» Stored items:
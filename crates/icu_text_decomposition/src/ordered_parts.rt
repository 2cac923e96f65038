//! The parts of the characters of a text, one by one in canonical order.

ghost use Rattle.std.specs.Prelude.{◌≡◌, ◌<◌, ◌∷◌, ◌++◌, [], None, true, false, IsTrue, IsSome, option_to_list};
ghost use Rattle.ucd_normal.specs.CanonicalCombiningClass.{canonical_combining_class as class_of};
ghost use Rattle.unicode_normalization.specs.Forms.{nfd};
ghost use Rattle.unicode_normalization.specs.Order.{is_ordered, canonical_order};
ghost use Rattle.icu_text_decomposition.specs.inner.FrontMarks.{front_marks};
ghost use Rattle.icu_text_decomposition.specs.inner.Parts.{parts_left};

use crate::char_parts::Parts;
use crate::class_pass::ClassPass;
use crate::in_order::are_in_order;
use icu_text_encodings::EncodedText;
use unicode_normalization::char::canonical_combining_class;

/// A place in a decomposed text. Marks that stand in order are read as they stand; those of any other run class by
/// class.
#[derive(Clone, Copy)]
pub(crate) struct OrderedParts<T> {
    /// The place in the text, up to which all was read where no run is read.
    pub(crate) parts: Parts<T>,
    /// Whether the marks that stand there are known to be in order.
    pub(crate) in_order: bool,
    /// The run that is read class by class, which begins at the place.
    pub(crate) pass: Option<ClassPass<T>>,
}

impl<T: EncodedText> OrderedParts<T> {
    ghost use Rattle.icu_text_decomposition.specs.inner.OrderedParts.{IsPlace, order_left};

    /// The beginning of a text.
    pub(crate) fn new(text: T) -> OrderedParts<T>
        ensures place { IsPlace T.text result }
        ensures left { order_left T.text result ≡ nfd (T.text text) }
    {
        OrderedParts {
            parts: Parts::new(text),
            in_order: false,
            pass: None,
        }
    }

    /// The next mark of the run that is read class by class, or `None` where there is no such run, or it ends.
    fn next_of_run(&mut self) -> Option<char>
        requires { IsPlace T.text self.old }
        ensures place { IsPlace T.text self.new }
        ensures next { order_left T.text self.old
            ≡ option_to_list result ++ order_left T.text self.new }
        ensures end { result ≡ None → self.new.pass ≡ None }
    {
        let mut pass = self.pass?;
        if let Some(mark) = pass.next() {
            self.pass = Some(pass);
            return Some(mark);
        }
        self.pass = None;
        self.parts = pass.at;
        self.in_order = false;
        None
    }

    /// The first mark of a run that is read class by class from now on.
    fn begin_run(&mut self, c: char, after: Parts<T>) -> Option<char>
        requires place { IsPlace T.text self.old }
        requires at { parts_left T.text self.old.parts ≡ c ∷ parts_left T.text after }
        requires is_mark { 0 < class_of c }
        ensures place { IsPlace T.text self.new }
        ensures next { canonical_order (parts_left T.text self.old.parts)
            ≡ option_to_list result ++ order_left T.text self.new }
        ensures some { IsSome result }
    {
        let mut pass = ClassPass::new(self.parts);
        let mark = pass.next()?;
        self.pass = Some(pass);
        Some(mark)
    }

    /// Whether a mark and those that follow it are in order.
    fn stays(&self, mark: char, after: Parts<T>) -> bool
        requires place { IsPlace T.text self.now }
        requires at { parts_left T.text self.now.parts ≡ mark ∷ parts_left T.text after }
        requires is_mark { 0 < class_of mark }
        ensures { IsTrue result
            → is_ordered (front_marks (parts_left T.text self.now.parts)) ≡ true }
    {
        self.in_order || are_in_order(mark, after)
    }

    /// The next character where no run is read class by class, or `None` after the last one.
    fn next_in_place(&mut self) -> Option<char>
        requires place { IsPlace T.text self.old }
        requires pass { self.old.pass ≡ None }
        ensures place { IsPlace T.text self.new }
        ensures next { order_left T.text self.old
            ≡ option_to_list result ++ order_left T.text self.new }
        ensures end { result ≡ None → order_left T.text self.old ≡ [] }
    {
        let mut after = self.parts;
        let c = after.next()?;
        if canonical_combining_class(c) == 0 {
            self.parts = after;
            self.in_order = false;
            return Some(c);
        }
        if self.stays(c, after) {
            self.parts = after;
            self.in_order = true;
            return Some(c);
        }
        self.begin_run(c, after)
    }

    /// The next character of the decomposed text, or `None` after the last one.
    pub(crate) fn next(&mut self) -> Option<char>
        requires { IsPlace T.text self.old }
        ensures place { IsPlace T.text self.new }
        ensures next { order_left T.text self.old
            ≡ option_to_list result ++ order_left T.text self.new }
        ensures end { result ≡ None → order_left T.text self.old ≡ [] }
    {
        if let Some(mark) = self.next_of_run() {
            return Some(mark);
        }
        self.next_in_place()
    }
}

» What you are asked to do: Match on "IsTrue" and copy out every line of the entries that contains it.

» Solution:
ghost use Rattle.std.specs.Prelude.{◌≡◌, ◌<◌, ◌∷◌, ◌++◌, [], None, true, false, IsTrue, IsSome, option_to_list};
        ensures { IsTrue result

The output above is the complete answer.